Consider Florida Gov. Ron DeSantis, who signed a bill that as
of July 1 bars professors from expressing any view in a classroom that
“espouses, promotes, [or] advances” anything that could make students feel
guilty about history, as it relates to race and gender. The bill is known as
the Stop Woke Act, short for Stop Wrongs to Our Kids and Employees, and its
principal target is critical race theory, which has become a bugaboo on the
right and is divisive on the left.
Free inquiry and discourse—including professing ideas and beliefs—lie
at the heart of higher education and democratic society. In both the sciences
and humanities, rigorous debates based on facts, data and reason allow ideas
and theories to be evaluated and amended, adopted and discarded, in ways that
promote understanding, advance knowledge and teach responsible citizenship.
Yet Florida’s law abandons this ideal by seeking to proscribe what
professors can say on particular topics. Universities could be held liable, for
example, if a professor expresses support for affirmative action. Remember when
Republicans believed in limiting tort laws, rather than expanding them?
The law also applies to companies, as though government should be
micromanaging the curriculum of diversity-and-inclusion programs. Similar
liability laws have made their way through Republican legislatures in Idaho,
Iowa and North Dakota this year, with more potentially on the way. What
happened to Republican support for free enterprise?
The way to address controversial theories isn’t by banning
professors or business leaders from espousing them to students and workers—after
all, government censorship of ideas often helps them gain popularity. Instead,
it’s to allow citizens to give them a free airing, where they can be openly
debated. That’s the American way, and the future of the country rests in no
small part on the commitment of higher-education leaders to defending it.
I’ve criticized both the left and right for failing to uphold the
principles of free expression over the years. In New York’s City Hall, I
strongly defended a Brooklyn university when it sponsored a speech by an
advocate of the BDS movement, which promotes economic war against the state of
Israel through boycotts, divestment and sanctions. I couldn’t disagree more
strongly with those in the BDS movement—but I also couldn’t believe more
strongly in their right to free speech. I’ve always found that those whose
speech we find most objectionable are those whose rights we’re most responsible
for defending.
Every generation faces its own bouts with censorship. In my youth,
it was Sen. Joe McCarthy’s hunt for communists. I can still vividly
remember his questions (“Are you now or have you ever
been . . .?”). Today, censorship is coming from both sides of
the political aisle, but only one side is writing it into law.

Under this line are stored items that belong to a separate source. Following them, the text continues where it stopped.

//! What is told of an import: what was left out, set, kept with another meaning, or refused, where
//! and why.

use crate::expiries::ExpiryName;
use crate::sources::{Place, Source};
use std::alloc::{AllocError, Global};
use std::io::{self, Write};

/// What became of something.
#[derive(Clone, Copy)]
pub enum Verdict {
    LeftOut,
    /// It didn't stand there.
    Set,
    /// It stays, but what it says here is told.
    Kept,
    /// It can't be expressed, so nothing is imported.
    Refused,
}

/// What a message is about.
#[derive(Clone, Copy)]
pub enum Subject<'a> {
    /// `KIND NAME`, as `TASK A`.
    Object(&'a str, &'a str),
    /// `NAME = VALUE`.
    Setting(&'a str, &'a str),
    /// `NAME = VALUE as NUMBER`, where a number stands for the value.
    Renumbered(&'a str, &'a str, u32),
    /// `NAME = NUMBER`.
    Number(&'a str, u32),
    /// `KIND NAME as NAME`, where a shorter name stands for another.
    Shortened(&'a str, &'a str, &'a str),
    /// `ACTION = VALUE as ALARM NAME`, where an alarm stands for an action of a schedule table.
    Expiry(&'a str, ExpiryName<'a>),
    /// A word or sign.
    Word(&'a str),
}

/// A message.
#[derive(Clone, Copy)]
pub struct Message<'a> {
    pub place: Place,
    pub verdict: Verdict,
    pub subject: Subject<'a>,
    pub reason: &'static str,
}

/// The messages of an import, in the order of the text where each stands by itself.
#[derive(Drop)]
pub struct Messages<'a> {
    list: Vec<Message<'a>>,
    is_refused: bool,
}

/// The rank of the messages that are told last.
const LAST_RANK: usize = 2;

impl Verdict {
    /// Which messages are told first: 0, then the others up to [`LAST_RANK`], those of one rank in
    /// the order of the text.
    fn rank(self) -> usize {
        match self {
            Verdict::Refused => 0,
            Verdict::Kept => 1,
            Verdict::LeftOut | Verdict::Set => LAST_RANK,
        }
    }

    fn text(self) -> &'static str {
        match self {
            Verdict::LeftOut => "left out",
            Verdict::Set => "set",
            Verdict::Kept => "kept",
            Verdict::Refused => "refused",
        }
    }
}

impl<'a> Messages<'a> {
    pub fn new(alloc: Global) -> Self {
        Messages {
            list: Vec::new(alloc),
            is_refused: false,
        }
    }

    /// Whether something was refused.
    pub fn is_refused(&self) -> bool {
        self.is_refused
    }

    pub(crate) fn add(&mut self, message: Message<'a>) -> Result<(), AllocError> {
        if message.verdict == Verdict::Refused {
            self.is_refused = true;
        }
        self.list.push(message)?;
        Ok(())
    }

    /// Adds a message.
    pub(crate) fn tell(
        &mut self,
        place: Place,
        verdict: Verdict,
        subject: Subject<'a>,
        reason: &'static str,
    ) -> Result<(), AllocError> {
        self.add(Message {
            place,
            verdict,
            subject,
            reason,
        })
    }

    /// Adds a refusal.
    pub(crate) fn refuse(
        &mut self,
        place: Place,
        subject: Subject<'a>,
        reason: &'static str,
    ) -> Result<(), AllocError> {
        self.tell(place, Verdict::Refused, subject, reason)
    }

    /// Adds that something is left out.
    pub(crate) fn leave_out(
        &mut self,
        place: Place,
        subject: Subject<'a>,
        reason: &'static str,
    ) -> Result<(), AllocError> {
        self.tell(place, Verdict::LeftOut, subject, reason)
    }

    /// Adds messages in the order of their places.
    pub(crate) fn append(&mut self, mut others: Messages<'a>) -> Result<(), AllocError> {
        others.list.sort_by_key(|message| {
            let Place { file, line, column } = message.place;
            (file, line, column)
        })?;
        for message in &others.list {
            self.add(*message)?;
        }
        Ok(())
    }

    /// Writes a line `FILE:LINE:COLUMN: VERDICT: SUBJECT: REASON` for each message, first for what
    /// is refused, then for what is kept, and behind all how many there are of each verdict. An
    /// error is a failed write.
    pub fn write<W: Write>(&self, sources: &[Source<'_>], out: &mut W) -> io::Result<()> {
        if self.list.is_empty() {
            return Ok(());
        }
        for rank in 0..=LAST_RANK {
            for message in &self.list {
                if message.verdict.rank() == rank {
                    write_message(message, sources, out)?;
                }
            }
        }
        writeln!(
            out,
            "{} refused, {} kept, {} set, {} left out",
            self.count(Verdict::Refused),
            self.count(Verdict::Kept),
            self.count(Verdict::Set),
            self.count(Verdict::LeftOut)
        )
    }

    fn count(&self, verdict: Verdict) -> usize {
        self.list
            .iter()
            .filter(|message| message.verdict == verdict)
            .count()
    }
}

fn write_subject<W: Write>(subject: Subject<'_>, out: &mut W) -> io::Result<()> {
    match subject {
        Subject::Object(kind, name) => write!(out, "{kind} {name}"),
        Subject::Setting(name, value) => write!(out, "{name} = {value}"),
        Subject::Renumbered(name, value, number) => write!(out, "{name} = {value} as {number}"),
        Subject::Number(name, number) => write!(out, "{name} = {number}"),
        Subject::Shortened(kind, name, short) => write!(out, "{kind} {name} as {short}"),
        Subject::Expiry(value, alarm) => write!(out, "ACTION = {value} as ALARM {alarm}"),
        Subject::Word(word) => write!(out, "{word}"),
    }
}

fn write_message<W: Write>(
    message: &Message<'_>,
    sources: &[Source<'_>],
    out: &mut W,
) -> io::Result<()> {
    let Place { file, line, column } = message.place;
    let name = match sources.get(file) {
        Some(source) => source.name,
        None => "",
    };
    write!(out, "{name}:{line}:{column}: {}: ", message.verdict.text())?;
    write_subject(message.subject, out)?;
    writeln!(out, ": {}", message.reason)
}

Professors in Florida have sued to block the Stop Woke Act, and
let us hope judges will soon strike it down as an abridgment of the First
Amendment. Some professors, however, have also urged students to boycott a new
state survey meant to gauge whether colleges are hostile to viewpoint diversity.
That’s a mistake. Florida’s censorship law is wrong, but it’s a reaction to the
very real problem of campus intolerance. The more that students speak out about
it—even if anonymously through surveys—the more pressure it puts on
administrators to address it.
Higher education is rooted in intellectual exploration. Colleges
that don’t expose students to challenging and uncomfortable ideas fail their
pupils. The same applies to governments that attempt to block professors from
offering their insights or forcing them to teach material as though all
theories—like evolution and creationism—should be given equal weight.
The sad irony is that many of the same people who have accused
millennial and Gen Z students of being snowflakes—those unable to handle
discomforting ideas—are now acting like the most delicate snowflakes of all.
The solution to political repression isn’t more political
repression. It’s freedom. Truth has nothing to fear from free speech—on college
campuses, or anywhere else.
Mr. Bloomberg, founder of Bloomberg LP and Bloomberg
Philanthropies, served as mayor of New York, 2002-13.